FABRIC aims to support a wide variety of cyberinfrastructure research activities aimed at reimagining what the future internet may do for distributed protocols, systems, cybersecurity and science applications. Today, affordable advanced computational and storage technologies are far more accessible and pervasive than when the internet was first built, and FABRIC capitalizes on these technological advances to build an infrastructure where the new internet can be reimagined and tried at scale.
“FABRIC is based on the idea that the ‘intelligence’ of a network — storage and computational programmability — does not have to be limited to the edges, but rather, data storage and processing can be integrated into the network, something that the internet doesn’t support today,” said Ilya Baldin, FABRIC PI and director of network and research infrastructure at the Renaissance Computing Institute (RENCI) at the University of North Carolina at Chapel Hill.
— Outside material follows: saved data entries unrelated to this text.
//! What the packets of a certificate are there for, by the verdicts on its rows in a report.

ghost use Rattle.std.specs.Prelude.{◌≡◌, ◌≤◌, ◌*◌, ◌+◌, IfOk, drop, true};
ghost use Rattle.opgp_packet.specs.Parsed.{body_octets};
ghost use Rattle.opgp_packet.specs.SigView.{sig_view_octets};
ghost use Rattle.opgp_hash.specs.Subject.{subject_value};
ghost use Rattle.opgp_hash.specs.SubjectValue.{is_within};
ghost use Rattle.opgp_keyring.specs.Grouped.{component_of, components_left, hangs_left};
ghost use Rattle.opgp_keyring.specs.Member.{member_packet};
ghost use Rattle.opgp_report.specs.KeyIndex.{prints_shown};
ghost use Rattle.opgp_report.specs.Standing.{on_head};
ghost use Rattle.opgp_valid.specs.KnownKeys.{knowns};
ghost use Rattle.opgp_valid.specs.Told.{first_verdict};
ghost use Rattle.opgp_bound.specs.Judged.{component_rows, components_rows, judged};
ghost use Rattle.opgp_bound.specs.Judged.{judged_component, judged_components, judged_hangs};
ghost use Rattle.opgp_bound.specs.Judged.{rows_of, rows_on};

use crate::embedded::embedded;
use crate::issuers::is_issuer;
use crate::judged::{Judged, JudgedComponent};
use crate::role::{Context, Role};
use opgp_hash::Subject;
use opgp_keyring::{Component, Components, Content, Hangs, Head, Member};
use opgp_octets::OutOfMemory;
use opgp_packet::KeyView;
use opgp_report::Verdict;
use std::alloc::Global;

/// The verdicts behind this many.
pub(crate) fn behind(verdicts: &[Verdict], rows: usize) -> &[Verdict]
    ensures { result.now ≡ drop rows verdicts.now }
{
    &verdicts[rows.min(verdicts.len())..]
}

/// The first of these verdicts; where there is none it is undecided.
pub(crate) fn first_verdict(verdicts: &[Verdict]) -> Verdict
    ensures { result ≡ first_verdict verdicts.now }
{
    match verdicts {
        [verdict, ..] => *verdict,
        [] => Verdict::Undecided,
    }
}

/// What signatures on a component are made over.
pub(crate) fn subject_on<'a>(primary: KeyView<'a>, component: Component<'a>) -> Subject<'a>
    ensures value { subject_value result
        ≡ on_head (body_octets primary.entry) (component_of component.entry).head }
    ensures within { is_within (subject_value result) ≡ true }
{
    match component.head().head() {
        Head::UserId(id) => Subject::OnUserId(primary, id),
        Head::Attribute(attribute) => Subject::OnAttribute(primary, attribute),
        Head::Subkey(key) => Subject::Two(primary, key),
    }
}

impl Context<'_> {
    /// What a packet on a subject is there for, by the verdict in its row; and how many rows it
    /// has.
    pub(crate) fn judge<'a>(
        &self,
        subject: Subject<'a>,
        found: Verdict,
        member: Member<'a>,
    ) -> (Judged<'a>, usize)
        requires { is_within (subject_value subject) ≡ true }
        ensures judged { result.0 ≡ judged (knowns self.now.known.now) self.now.primary
            (subject_value subject.entry) found (member_packet member.entry) }
        ensures rows { result.1
            ≡ rows_of (subject_value subject.entry) (member_packet member.entry) }
    {
        opgp_packet::signature_laws::signatures_are_read();
        let (role, rows) = match member.content() {
            Content::Signature(signature) => {
                // Called for its contract: the body is that of this signature.
                let _body = signature.body();
                let role = self.role_of(subject, found, signature);
                (role, 1 + embedded(subject, signature))
            }
            Content::Malformed(_) => (Role::Other, 1),
            Content::Primary(_)
            | Content::Subkey(_)
            | Content::UserId(_)
            | Content::Attribute(_)
            | Content::Filler(_, _) => (Role::Other, 0),
        };
        (Judged { member, role }, rows)
    }

    /// What the packets on a subject are there for, by the verdicts from their first row on; and
    /// the verdicts behind. Fails only when out of memory.
    pub(crate) fn judge_hangs<'a, 'v>(
        &self,
        alloc: Global,
        subject: Subject<'a>,
        mut hangs: Hangs<'a>,
        verdicts: &'v [Verdict],
    ) -> Result<(Vec<Judged<'a>>, &'v [Verdict]), OutOfMemory>
        requires { is_within (subject_value subject) ≡ true }
        ensures judged { IfOk result (λ x. x.0.items ≡ judged_hangs (knowns self.now.known.now)
            self.now.primary (subject_value subject.entry) (hangs_left hangs.entry) verdicts.now) }
        ensures rest { IfOk result (λ x. x.1.now ≡ drop (rows_on (subject_value subject.entry)
            (hangs_left hangs.entry)) verdicts.now) }
    {
        let mut all = Vec::new(alloc);
        let mut rest = verdicts;
        'hangs: while let Some(member) = hangs.next() {
            let (judged, rows) = self.judge(subject, first_verdict(rest), member);
            all.push(judged)?;
            rest = behind(rest, rows);
        }
        Ok((all, rest))
    }

    /// The same of a component.
    fn judge_component<'a, 'v>(
        &self,
        alloc: Global,
        primary: KeyView<'a>,
        component: Component<'a>,
        verdicts: &'v [Verdict],
    ) -> Result<(JudgedComponent<'a>, &'v [Verdict]), OutOfMemory>
        ensures judged { IfOk result (λ x. x.0 ≡ judged_component (knowns self.now.known.now)
            self.now.primary (prints_shown self.now.issuers.now) (body_octets primary.entry)
            (component_of component.entry) verdicts.now) }
        ensures rest { IfOk result (λ x. x.1.now ≡ drop (component_rows
            (body_octets primary.entry) (component_of component.entry)) verdicts.now) }
    {
        let subject = subject_on(primary, component);
        let (hangs, rest) = self.judge_hangs(alloc, subject, component.hangs(), verdicts)?;
        let judged = JudgedComponent {
            head: component.head(),
            is_issuer: is_issuer(self.issuers, component),
            hangs,
        };
        Ok((judged, rest))
    }

    /// The same of the components of a certificate.
    pub(crate) fn judge_components<'a, 'v>(
        &self,
        alloc: Global,
        primary: KeyView<'a>,
        mut components: Components<'a>,
        verdicts: &'v [Verdict],
    ) -> Result<(Vec<JudgedComponent<'a>>, &'v [Verdict]), OutOfMemory>
        ensures judged { IfOk result (λ x. x.0.items ≡ judged_components
            (knowns self.now.known.now) self.now.primary (prints_shown self.now.issuers.now)
            (body_octets primary.entry) (components_left components.entry) verdicts.now) }
        ensures rest { IfOk result (λ x. x.1.now ≡ drop (components_rows
            (body_octets primary.entry) (components_left components.entry)) verdicts.now) }
    {
        let mut all = Vec::new(alloc);
        let mut rest = verdicts;
        'components: while let Some(component) = components.next() {
            let (judged, behind) = self.judge_component(alloc, primary, component, rest)?;
            all.push(judged)?;
            rest = behind;
        }
        Ok((all, rest))
    }
}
The FABRIC infrastructure includes the development sites at RENCI, UK and Lawrence Berkeley National Laboratory and the production sites at Clemson University, University of California San Diego, Florida International University, University of Maryland/Mid-Atlantic Crossroads, University of Utah, University of Michigan, University of Massachusetts Amherst/Massachusetts Green High Performance Computing Center, Great Plains Network, National Center for Supercomputing Applications at the University of Illinois Urbana-Champaign and Texas Advanced Computing Center.
The FABRIC testbed is built on Energy Sciences Network (ESnet) network and fiber infrastructure. “The team has had a challenging job coordinating the construction of FABRIC over ESnet’s fiber network while the network itself was being upgraded simultaneously to ESnet6. The teamwork within the project and collaborations with the research and education network community have been very helpful in completing this phase,” said FABRIC co-PI Inder Monga, executive director of ESnet.
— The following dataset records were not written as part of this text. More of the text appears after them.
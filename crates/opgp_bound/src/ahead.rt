//! A way through what the signatures of a certificate say, component by component.

ghost use Rattle.std.specs.Prelude.{◌≡◌, ◌+◌, List, None, Some};
ghost use Rattle.opgp_octets.specs.declared.signature_type.SignatureType.{SignatureType};
ghost use Rattle.opgp_valid.specs.Walk.{behind, in_order, is_at_or_behind, is_behind, up_to};
ghost use Rattle.opgp_valid.specs.declared.statement.Statement.{Statement};
ghost use Rattle.opgp_bound.specs.Newest.{newest_made};
ghost use Rattle.opgp_bound.specs.Replacing.{AreAhead, time_of};

use crate::replaced::Times;
use opgp_valid::Statement;

/// The statements that are ahead, on the way to a component.
#[derive(Clone, Copy)]
pub(crate) struct Ahead<'a> {
    /// Those that are to come: all of them where they aren't in order.
    rest: &'a [Statement],
    /// They are in the order of their components, those on the primary key first.
    is_ordered: bool,
}

/// Whether a component is behind the one of this number.
fn is_behind(component: Option<usize>, number: usize) -> bool
    ensures { result ≡ is_behind number component }
{
    match component {
        Some(component) => component > number,
        None => false,
    }
}

/// Whether a component isn't before another one, where None is the primary key.
fn is_at_or_behind(before: Option<usize>, component: Option<usize>) -> bool
    ensures { result ≡ is_at_or_behind before component }
{
    match (before, component) {
        (None, _) => true,
        (Some(_), None) => false,
        (Some(before), Some(component)) => before <= component,
    }
}

/// Whether statements are in the order of their components, those on the primary key first.
fn is_in_order(statements: &[Statement]) -> bool
    ensures { result ≡ in_order None statements.now }
{
    let mut before = None;
    let mut rest = statements;
    'statements: while let [statement, more @ ..] = rest {
        if !is_at_or_behind(before, statement.component) {
            return false;
        }
        before = statement.component;
        rest = more;
    }
    true
}

/// The statements from the first on that is on a component behind the one of this number.
fn behind(statements: &[Statement], number: usize) -> &[Statement]
    ensures { result.now ≡ behind number statements.now }
{
    let mut rest = statements;
    'statements: while let [statement, more @ ..] = rest {
        if is_behind(statement.component, number) {
            return rest;
        }
        rest = more;
    }
    rest
}

/// Statements up to the first that is on a component behind the one of this number, and those from
/// there on.
#[tactic(auto, using(opgp_valid::proofs::Walks::front, opgp_valid::proofs::Walks::fits))]
fn split(statements: &[Statement], number: usize) -> (&[Statement], &[Statement])
    ensures before { result.0.now ≡ up_to number statements.now }
    ensures behind { result.1.now ≡ behind number statements.now }
{
    let behind = behind(statements, number);
    (&statements[..statements.len() - behind.len()], behind)
}

impl<'a> Ahead<'a> {
    /// The beginning of the way through these statements.
    pub(crate) fn new(statements: &'a [Statement]) -> Ahead<'a>
        ensures { AreAhead statements.now 0 result }
    {
        Ahead {
            rest: statements,
            is_ordered: is_in_order(statements),
        }
    }

    /// When the newest signatures of each sort were made that count at this time and are on the
    /// component of this number, which the way has come to; and the way to the next component.
    /// Where the statements are in order, the work is linear in the number of those that are
    /// passed.
    pub(crate) fn next(self, number: usize, at: u64) -> (Times, Ahead<'a>)
        ensures times { (ss : List Statement) → AreAhead ss number self.entry
            → (t : SignatureType) → time_of result.0 t ≡ newest_made at ss (Some number) t }
        ensures ahead { (ss : List Statement) → AreAhead ss number self.entry
            → AreAhead ss (number + 1) result.1 }
    {
        if !self.is_ordered {
            let all = Times::on(self.rest, Some(number), at);
            return (all, self);
        }
        let (statements, rest) = split(self.rest, number);
        let times = Times::on(statements, Some(number), at);
        let ahead = Ahead {
            rest,
            is_ordered: true,
        };
        (times, ahead)
    }
}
FABRIC has more than 200 users testing the feasibility of new infrastructure and performing other experiments at the production sites. The FABRIC team has developed a framework for the purpose of measuring facility operational parameters on a very fine level. The UK team led this effort, designing and developing an advanced measurement framework that not only can monitor performance of the entire network, but does so using highly accurate clocks that make a wide range of new applications possible. FABRIC is also designed such that users play an active role in providing feedback on the features of the framework that they find useful.
“FABRIC is providing us an opportunity to explore ways to integrate AI-driven security algorithms into the lowest levels of the network infrastructure,” said FABRIC user Phil Porras and leader of the internet security group at SRI International. “We envision future networks with the intelligence to combat malicious traffic within the packet switching hardware itself, and FABRIC has been extremely useful in accelerating this research.”
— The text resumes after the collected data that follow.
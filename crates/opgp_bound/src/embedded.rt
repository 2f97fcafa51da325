//! How many signatures are embedded in a subkey binding.

ghost use Rattle.std.specs.Prelude.{◌≡◌, ◌≤◌, ◌*◌, Ok, length};
ghost use Rattle.opgp_packet.specs.SigView.{sig_view_value};
ghost use Rattle.opgp_packet.specs.Subs.{subs_to_come};
ghost use Rattle.opgp_hash.specs.Subject.{subject_value};
ghost use Rattle.opgp_report.specs.Standing.{bodies_within, held_bodies};

use opgp_hash::Subject;
use opgp_octets::{SignatureType, SubpacketKind};
use opgp_packet::{SigView, Subs};

/// How many signatures are embedded in an area (RFC 9580, 5.2.3.34).
fn embedded_in_area(mut subpackets: Subs<'_>) -> usize
    requires { length (subs_to_come subpackets) ≤ 4294967295 }
    ensures value { result ≡ length (held_bodies (subs_to_come subpackets.entry)) }
    ensures few { result ≤ 4294967295 }
{
    let mut number = 0usize;
    'subpackets: while let Some(subpacket) = subpackets.next() {
        if subpacket.kind() == SubpacketKind::EmbeddedSignature.number() {
            number += 1;
        }
    }
    number
}

/// How many signatures are embedded in a signature on this subject, if it binds a subkey.
pub(crate) fn embedded(subject: Subject<'_>, signature: SigView<'_>) -> usize
    ensures value { result ≡ length (bodies_within (subject_value subject.entry)
        (Ok (sig_view_value signature.entry))) }
    ensures few { result ≤ 2 * 4294967295 }
{
    let Subject::Two(_, _) = subject else {
        return 0;
    };
    let binding = SignatureType::SubkeyBinding.number();
    match signature {
        SigView::Four(view) if view.kind() == binding => {
            embedded_in_area(view.hashed()) + embedded_in_area(view.unhashed())
        }
        SigView::Six(view) if view.kind() == binding => {
            embedded_in_area(view.hashed()) + embedded_in_area(view.unhashed())
        }
        _ => 0,
    }
}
Key principles of FABRIC’s design include flexibility, scalability and expandability. In Phase 2, the FABRIC team plans to incorporate additional sites across the country and develop high-speed connectivity between them, allowing for increasingly richer experiments.
“Connecting FABRIC to national research facilities, testbeds, cloud providers and the current internet will enable a unique environment for experimentation with real-world users and data,” said Griffioen. “By interconnecting existing facilities and infrastructure, FABRIC will encourage developers to imagine completely new types of services that can be deployed in support of real-world user communities.”
FABRIC is expected to be fully operational and open to researchers in October 2023.
Research reported in this publication was supported by the National Science Foundation under Award Number 1935966. The opinions, findings, and conclusions or recommendations expressed are those of the author(s) and do not necessarily reflect the views of the National Science Foundation.